Try it
Track down every line below that holds "lower" and copy it.

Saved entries
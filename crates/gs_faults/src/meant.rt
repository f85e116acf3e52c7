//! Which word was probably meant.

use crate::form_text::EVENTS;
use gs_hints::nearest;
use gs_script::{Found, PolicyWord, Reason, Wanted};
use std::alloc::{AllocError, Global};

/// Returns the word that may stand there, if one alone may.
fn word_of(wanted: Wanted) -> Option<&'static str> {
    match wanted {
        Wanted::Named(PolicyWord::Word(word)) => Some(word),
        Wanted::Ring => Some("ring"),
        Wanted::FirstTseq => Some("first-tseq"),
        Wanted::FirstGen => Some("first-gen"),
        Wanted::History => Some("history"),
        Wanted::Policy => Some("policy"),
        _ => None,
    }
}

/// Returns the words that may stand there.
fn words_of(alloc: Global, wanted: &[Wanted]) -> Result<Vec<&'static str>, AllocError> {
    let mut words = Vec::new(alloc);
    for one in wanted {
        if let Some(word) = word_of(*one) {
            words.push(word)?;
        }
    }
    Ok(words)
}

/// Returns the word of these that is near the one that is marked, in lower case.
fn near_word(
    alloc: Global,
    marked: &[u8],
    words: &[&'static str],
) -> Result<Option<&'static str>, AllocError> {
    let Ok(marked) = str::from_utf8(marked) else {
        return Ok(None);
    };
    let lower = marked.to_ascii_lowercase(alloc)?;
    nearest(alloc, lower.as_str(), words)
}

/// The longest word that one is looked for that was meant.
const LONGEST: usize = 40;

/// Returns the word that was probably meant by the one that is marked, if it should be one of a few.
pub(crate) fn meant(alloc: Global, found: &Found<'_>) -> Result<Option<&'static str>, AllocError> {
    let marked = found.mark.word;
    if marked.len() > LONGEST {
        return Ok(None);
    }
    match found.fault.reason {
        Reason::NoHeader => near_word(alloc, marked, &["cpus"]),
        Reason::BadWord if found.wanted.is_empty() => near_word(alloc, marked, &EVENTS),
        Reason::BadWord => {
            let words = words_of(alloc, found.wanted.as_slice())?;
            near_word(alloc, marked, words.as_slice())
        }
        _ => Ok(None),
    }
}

--

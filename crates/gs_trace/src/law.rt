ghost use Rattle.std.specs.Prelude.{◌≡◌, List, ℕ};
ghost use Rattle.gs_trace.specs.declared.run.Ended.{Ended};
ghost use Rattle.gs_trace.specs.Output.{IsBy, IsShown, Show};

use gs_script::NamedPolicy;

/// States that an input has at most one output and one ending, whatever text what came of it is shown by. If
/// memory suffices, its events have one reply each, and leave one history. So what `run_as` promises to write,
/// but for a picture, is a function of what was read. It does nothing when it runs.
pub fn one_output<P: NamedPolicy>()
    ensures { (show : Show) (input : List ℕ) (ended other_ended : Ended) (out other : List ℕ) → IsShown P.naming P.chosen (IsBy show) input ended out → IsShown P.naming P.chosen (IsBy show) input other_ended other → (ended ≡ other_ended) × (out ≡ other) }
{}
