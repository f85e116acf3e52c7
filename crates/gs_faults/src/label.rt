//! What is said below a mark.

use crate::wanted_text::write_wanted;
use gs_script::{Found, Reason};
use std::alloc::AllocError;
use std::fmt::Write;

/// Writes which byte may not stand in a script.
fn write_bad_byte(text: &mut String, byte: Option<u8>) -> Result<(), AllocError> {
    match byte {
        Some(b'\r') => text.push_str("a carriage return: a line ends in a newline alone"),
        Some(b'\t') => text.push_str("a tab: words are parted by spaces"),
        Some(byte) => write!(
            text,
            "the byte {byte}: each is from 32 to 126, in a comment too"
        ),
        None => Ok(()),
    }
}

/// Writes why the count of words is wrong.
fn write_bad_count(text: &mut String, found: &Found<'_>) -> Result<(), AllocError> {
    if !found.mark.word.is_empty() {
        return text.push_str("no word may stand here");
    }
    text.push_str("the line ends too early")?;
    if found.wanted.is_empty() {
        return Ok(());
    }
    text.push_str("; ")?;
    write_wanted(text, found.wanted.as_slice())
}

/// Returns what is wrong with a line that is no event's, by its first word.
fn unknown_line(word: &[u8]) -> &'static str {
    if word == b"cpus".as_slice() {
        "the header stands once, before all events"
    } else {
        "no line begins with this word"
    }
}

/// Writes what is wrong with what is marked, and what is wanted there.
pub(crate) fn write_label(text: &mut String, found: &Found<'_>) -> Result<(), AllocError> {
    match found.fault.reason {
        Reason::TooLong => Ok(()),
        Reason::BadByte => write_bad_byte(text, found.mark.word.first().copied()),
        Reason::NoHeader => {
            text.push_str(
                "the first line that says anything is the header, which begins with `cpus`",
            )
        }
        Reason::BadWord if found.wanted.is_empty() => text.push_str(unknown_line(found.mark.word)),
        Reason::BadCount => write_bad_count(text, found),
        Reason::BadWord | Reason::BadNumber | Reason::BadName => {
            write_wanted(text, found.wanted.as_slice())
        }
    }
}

Result of this task
/// Returns the word of these that is near the one that is marked, in lower case.
    let lower = marked.to_ascii_lowercase(alloc)?;
    nearest(alloc, lower.as_str(), words)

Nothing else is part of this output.